7 November 2012
Our lead story today is that local business organisations are mobilising against Somali shops in Khayelitsha.
Tariro Washinyira’s story includes documentary evidence of the xenophobic pressure on Somali businesses. These documents, some of which are also signed by apparent leaders of the Somali community, are frightening. They commit the Somali community to limit their business activities in Khayelitsha. These agreements cannot be legal or constitutional. Moreover two of them were concluded following the xenophobic violence of 2008, which suggests that there was more than a little coercive pressure for Somali leaders to sign it. The latest document, from March 2012, contains a veiled threat of violence: “failure to” limit Somali-owned businesses, “will breed anarchy in our community.” In Orwellian language we are told, “These agreements have helped to foster peaceful coexistence between the local and foreign national business [sic] in the townships since 2008.”

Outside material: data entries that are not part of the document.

// Makes the shelves if there are none.
fn make_shelves(shelves: &mut Vec<Shelf>, alloc: Global) -> Result<(), AllocError>
    ensures some { OnOk result (0 < length shelves.new.items) }
    ensures shelves { (customers : List Customer) (room : ℕ)
        → AreShelves customers room shelves.old.items
        → AreShelves customers room shelves.new.items }
{
    if !shelves.is_empty() {
        return Ok(());
    }
    *shelves = empty_shelves(alloc, SHELVES)?;
    Ok(())
}

// Makes shelves without customers.
fn empty_shelves(alloc: Global, count: usize) -> Result<Vec<Shelf>, AllocError>
    ensures len { IfOk result (λ v. length v.items ≡ count) }
    ensures empty { IfOk result (λ v. All IsEmpty v.items) }
{
    let mut shelves = Vec::new(alloc);
    for _ in 0..count {
        shelves.push(Shelf::new(alloc))?;
    }
    Ok(shelves)
}

// Makes room for one more customer on each shelf.
fn reserve_each(shelves: &mut [Shelf]) -> Result<(), AllocError>
    requires few { All (λ s. s.customers ≤ 100_000) shelves.old }
    ensures len { length shelves.new ≡ length shelves.old }
    ensures kept { (k : ℕ) (d : Shelf) → IsRoomier (slice_index_or shelves.old k d)
        (slice_index_or shelves.new k d) }
    ensures ok { OnOk result (All HasRoom shelves.new) }
{
    for shelf in 0..shelves.len() {
        shelves[shelf].reserve_one()?;
    }
    Ok(())
}

// The number of the shelf for a section.
fn shelf_of(section: u16, shelves: usize) -> usize
    requires { 0 < shelves }
    ensures within { result < shelves }
    ensures is { result ≡ section % shelves }
{
    section as usize % shelves
}

// The place of the customer with this number, as `Ok`; if missing, where it would be, as `Err`.
fn place_of(customers: &[Customer], no: u32) -> Result<usize, usize>
    requires { AllPairs (λ c d. c.«no» < d.«no») customers.now }
    ensures known { is_ok result ≡ has_number customers.now «no» }
    ensures found { IfOk result (λ place. slice_get customers.now place
        ≡ find (λ c. c.«no» == «no») customers.now) }
    ensures within { IfOk result (λ place. place < length customers.now) }
    ensures place { IfErr result (λ place. place ≡ count_by (λ c. nat_lt c.«no» «no») customers.now) }
    ensures bound { IfErr result (λ place. place ≤ length customers.now) }
{
    customers.binary_search_by_key(&no, |customer| customer.no)
}

// The place of the customer with this number, or where it would be.
fn place_in(customers: &[Customer], no: u32) -> usize
    requires { AllPairs (λ c d. c.«no» < d.«no») customers.now }
    ensures known { has_number customers.now «no» ≡ true → slice_get customers.now result
        ≡ find (λ c. c.«no» == «no») customers.now }
    ensures within { has_number customers.now «no» ≡ true → result < length customers.now }
    ensures new { has_number customers.now «no» ≡ false → result
        ≡ count_by (λ c. nat_lt c.«no» «no») customers.now }
    ensures bound { result ≤ length customers.now }
{
    match place_of(customers, no) {
        Ok(place) | Err(place) => place,
    }
}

Xenophobia doesn’t spring from nowhere. Undoubtedly spaza shops in the townships are under pressure. There is acute competition, and where resources are very limited, hatred and violence do arise. But it cannot be tolerated. No South African has the right to force the Somali community to limit legal business activity and no Somali community leader has the right or power to commit to restricting what his countrymen do.
One of the allegations of the South African business owners we spoke to claimed that the Somali businesses drop their prices to drive local shops out of businesses, then push their prices back up. This is implausible. Somali-owned shops compete with each other as well as South African owned shops. But if there truly is price collusion, then there are legal non-violent ways to deal with it. Ironically it is the Zanokhanyo Business Association (ZBA), which represents the South African business owners, that is calling for prices to be fixed, as Washinyira’s article makes clear.
There seems to be general agreement that Somali-owned shops have brought prices down in the townships. While this might put pressure on locally-owned spaza shops, it also benefits township consumers. Moreover it is possible that it is not merely competition from foreign-owned shops that is driving local spaza shops out of business, but also competition from the new supermarkets that are springing up in the townships. Big supermarkets pushing small retailers out of the market is a worldwide phenomenon and it is probably unstoppable.
Where are the police in all of this? Somali shops continue to be the targets of violence. The culprits provoking this do not even hide. The ZBA must be investigated and the police must warn its members firmly that if they intimidate foreign nationals they will be arrested. Judging by the language of the agreements the ZBA expects the police to support their intimidation; that shows a scary misunderstanding of the law.
If you replace every occurrence of the word Somali with “Jew” and the word Khayelitsha with “Berlin” in our lead article today, it seems to describe a situation eerily reminiscent of the most horrific events of the 20th century. To prevent the situation from getting worse it is urgent that representatives of all three tiers of government as well as NGOs start mediating the situation.